__Data excerpts__
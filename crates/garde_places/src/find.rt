//! Which token of a tape begins the value that a path leads to.
ghost use Rattle.std.specs.Prelude.{◌≡◌, ◌+◌, ◌<◌, ◌≤◌, List, map, length, drop, is_some, option_map, IfSome};
ghost use Rattle.json.specs.Json.{Json, Items as SpecItems};
ghost use Rattle.json.specs.Token.{Token};
ghost use Rattle.json.specs.Tape.{node_token, Linked};
ghost use Rattle.json.specs.Find.{as_object, as_array};
ghost use Rattle.garde_places.specs.Index.{IndexHolds};
ghost use Rattle.garde_places.specs.Marks.{MarkHolds, MarksHold, mark_of};
ghost use Rattle.garde_report.specs.Part.{item_part};
ghost use Rattle.garde_tape.specs.Number.{unsigned_of};
ghost use Rattle.garde_places.specs.Steps.{Spells, SpellItems, item_spot};
ghost use Rattle.garde_places.specs.Steps.{inside_spot, step_spot, tokens_before, before_name, IsTokenBy};

use crate::index::Index;
use crate::walk::after;
use fast_float::Numeral;
use garde_report::Kind;
use json::Node;

fn is_object(nodes: &[Node<'_>], at: usize) -> bool
    requires { at < length nodes.now }
    ensures { (j : Json) → Spells (drop at (map node_token nodes.now)) j
        → result ≡ is_some (as_object j) }
{
    matches!(nodes[at], Node::Object(_))
}

fn is_array(nodes: &[Node<'_>], at: usize) -> bool
    requires { at < length nodes.now }
    ensures { (j : Json) → Spells (drop at (map node_token nodes.now)) j
        → result ≡ is_some (as_array j) }
{
    matches!(nodes[at], Node::Array(_))
}

/// An item of an array that was found before: walks to later items begin at it.
#[derive(Clone, Copy, Debug, Drop)]
pub(crate) struct Mark {
    /// The node of the first item.
    pub(crate) first: usize,
    pub(crate) index: usize,
    /// The node of the item of the index.
    pub(crate) here: usize,
}

/// The item of that index, from an earlier one on.
fn item_from(nodes: &[Node<'_>], mark: Mark, index: usize) -> Option<Mark>
    requires links { Linked (map node_token nodes.now) 0 nodes.now }
    requires holds { MarkHolds (map node_token nodes.now) mark }
    requires earlier { mark.index ≤ index }
    ensures value { (js : SpecItems) → SpellItems (drop mark.first (map node_token nodes.now)) js
        → option_map (λ m. m.here) result ≡ item_spot mark.first index js }
    ensures holds { IfSome result (λ m. MarkHolds (map node_token nodes.now) m) }
{
    let first = mark.first;
    let mut here = mark.here;
    let mut passed = mark.index;
    loop {
        if here >= nodes.len() {
            return None;
        }
        if let Node::EndArray = nodes[here] {
            return None;
        }
        if passed == index {
            return Some(Mark { first, index, here });
        }
        passed += 1;
        here = after(nodes, here);
    }
}

/// The item of that index, of the items that begin at a node. The walk begins at the mark, if that is
/// one of these items and not a later one.
fn item_at(nodes: &[Node<'_>], first: usize, mark: Mark, index: usize) -> Option<Mark>
    requires links { Linked (map node_token nodes.now) 0 nodes.now }
    requires holds { MarkHolds (map node_token nodes.now) mark }
    ensures value { (js : SpecItems) → SpellItems (drop first (map node_token nodes.now)) js
        → option_map (λ m. m.here) result ≡ item_spot first index js }
    ensures holds { IfSome result (λ m. MarkHolds (map node_token nodes.now) m) }
{
    if mark.first == first && mark.index <= index {
        item_from(nodes, mark, index)
    } else {
        let start = Mark {
            first,
            index: 0,
            here: first,
        };
        item_from(nodes, start, index)
    }
}

/// The number that a text writes by decimal digits alone, where it fits.
fn number(text: &str) -> Option<usize>
    ensures { result ≡ unsigned_of 64 text.now }
{
    match Numeral::scan(text.as_bytes()).to_u64() {
        Some(number) => Some(number as usize),
        None => None,
    }
}

/// The value that a text leads to from the one at a node, if it leads to one, and the mark for later
/// steps.
fn inside_at<'a>(
    nodes: &[Node<'a>],
    index: &mut Index<'a>,
    at: usize,
    mark: Mark,
    text: &str,
) -> Option<(usize, Mark)>
    requires links { Linked (map node_token nodes.now) 0 nodes.now }
    requires holds { MarkHolds (map node_token nodes.now) mark }
    requires names { IndexHolds (map node_token nodes.now) index.old }
    requires within { at < length nodes.now }
    ensures value { (j : Json) → Spells (drop at (map node_token nodes.now)) j
        → option_map (λ r. r.0) result ≡ inside_spot at text.now j }
    ensures holds { IfSome result (λ r. MarkHolds (map node_token nodes.now) r.1) }
    ensures names { IndexHolds (map node_token nodes.now) index.new }
{
    if is_object(nodes, at) {
        return match index.member(nodes, at, text) {
            Some(next) => Some((next, mark)),
            None => None,
        };
    }
    if !is_array(nodes, at) {
        return None;
    }
    let Some(item) = number(text) else {
        return None;
    };
    match item_at(nodes, at + 1, mark, item) {
        Some(found) => Some((found.here, found)),
        None => None,
    }
}

/// The same of a component. One without a name stays at the value.
fn step_at<'a>(
    nodes: &[Node<'a>],
    index: &mut Index<'a>,
    at: usize,
    mark: Mark,
    component: &(Kind, &str),
) -> Option<(usize, Mark)>
    requires links { Linked (map node_token nodes.now) 0 nodes.now }
    requires holds { MarkHolds (map node_token nodes.now) mark }
    requires names { IndexHolds (map node_token nodes.now) index.old }
    ensures value { (j : Json) → Spells (drop at (map node_token nodes.now)) j
        → option_map (λ r. r.0) result ≡ step_spot at (item_part component.now) j }
    ensures holds { IfSome result (λ r. MarkHolds (map node_token nodes.now) r.1) }
    ensures names { IndexHolds (map node_token nodes.now) index.new }
{
    if at >= nodes.len() {
        return None;
    }
    let (kind, text) = *component;
    match kind {
        Kind::None => Some((at, mark)),
        Kind::Key | Kind::Index => inside_at(nodes, index, at, mark, text),
    }
}

const START: Mark = Mark {
    first: 0,
    index: 0,
    here: 0,
};

/// The marks before anything was found.
pub(crate) fn no_marks() -> [Mark; 128]
    ensures { (ts : List Token) → MarksHold ts result }
{
    [START; 128]
}

fn mark_at(marks: &[Mark], depth: usize) -> Mark
    ensures { result ≡ mark_of marks.now depth }
{
    if depth < marks.len() {
        marks[depth]
    } else {
        START
    }
}

/// The value that a path leads to, or the last one on its way where it leads to none. There is a mark
/// for each of the first steps of a path.
fn find<'a>(
    nodes: &[Node<'a>],
    index: &mut Index<'a>,
    marks: &mut [Mark],
    way: &[(Kind, &str)],
) -> usize
    requires links { Linked (map node_token nodes.now) 0 nodes.now }
    requires hold { MarksHold (map node_token nodes.now) marks.old }
    requires names { IndexHolds (map node_token nodes.now) index.old }
    ensures value { (j : Json) → Spells (map node_token nodes.now) j
        → result ≡ tokens_before (map item_part way.now) j }
    ensures hold { MarksHold (map node_token nodes.now) marks.new }
    ensures names { IndexHolds (map node_token nodes.now) index.new }
{
    let mut here = 0;
    for (depth, component) in way.iter().enumerate() {
        match step_at(nodes, index, here, mark_at(marks, depth), component) {
            Some((next, mark)) => {
                here = next;
                if depth < marks.len() {
                    marks[depth] = mark;
                }
            }
            None => return here,
        }
    }
    here
}

/// The name of the last member of that name, of the object at a node. It is the node itself where there
/// is no such member.
fn name_at<'a>(nodes: &[Node<'a>], index: &mut Index<'a>, at: usize, name: &str) -> usize
    requires links { Linked (map node_token nodes.now) 0 nodes.now }
    requires names { IndexHolds (map node_token nodes.now) index.old }
    ensures value { (j : Json) → Spells (drop at (map node_token nodes.now)) j
        → result ≡ at + before_name name.now j }
    ensures names { IndexHolds (map node_token nodes.now) index.new }
{
    if at >= nodes.len() {
        return at;
    }
    if is_object(nodes, at) {
        match index.member(nodes, at, name) {
            Some(value) => value.saturating_sub(1),
            None => at,
        }
    } else {
        at
    }
}

/// The token with which the value begins that a path leads to, or that of the name of its member. At the
/// root the value has no name, and begins with the first token.
pub(crate) fn find_token<'a>(
    nodes: &[Node<'a>],
    index: &mut Index<'a>,
    marks: &mut [Mark],
    way: &[(Kind, &str)],
    by_name: bool,
) -> usize
    requires links { Linked (map node_token nodes.now) 0 nodes.now }
    requires hold { MarksHold (map node_token nodes.now) marks.old }
    requires names { IndexHolds (map node_token nodes.now) index.old }
    ensures value { (j : Json) → Spells (map node_token nodes.now) j
        → IsTokenBy by_name (map item_part way.now) j result }
    ensures hold { MarksHold (map node_token nodes.now) marks.new }
    ensures names { IndexHolds (map node_token nodes.now) index.new }
{
    if !by_name {
        return find(nodes, index, marks, way);
    }
    let Some((last, before)) = way.split_last() else {
        return 0;
    };
    let found = find(nodes, index, marks, before);
    name_at(nodes, index, found, last.1)
}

__Work order__
Bring together every line in the entries that holds the string "found".

__Solution for this task__
/// An item of an array that was found before: walks to later items begin at it.
        Some(found) => Some((found.here, found)),
/// The marks before anything was found.
    let found = find(nodes, index, marks, before);
    name_at(nodes, index, found, last.1)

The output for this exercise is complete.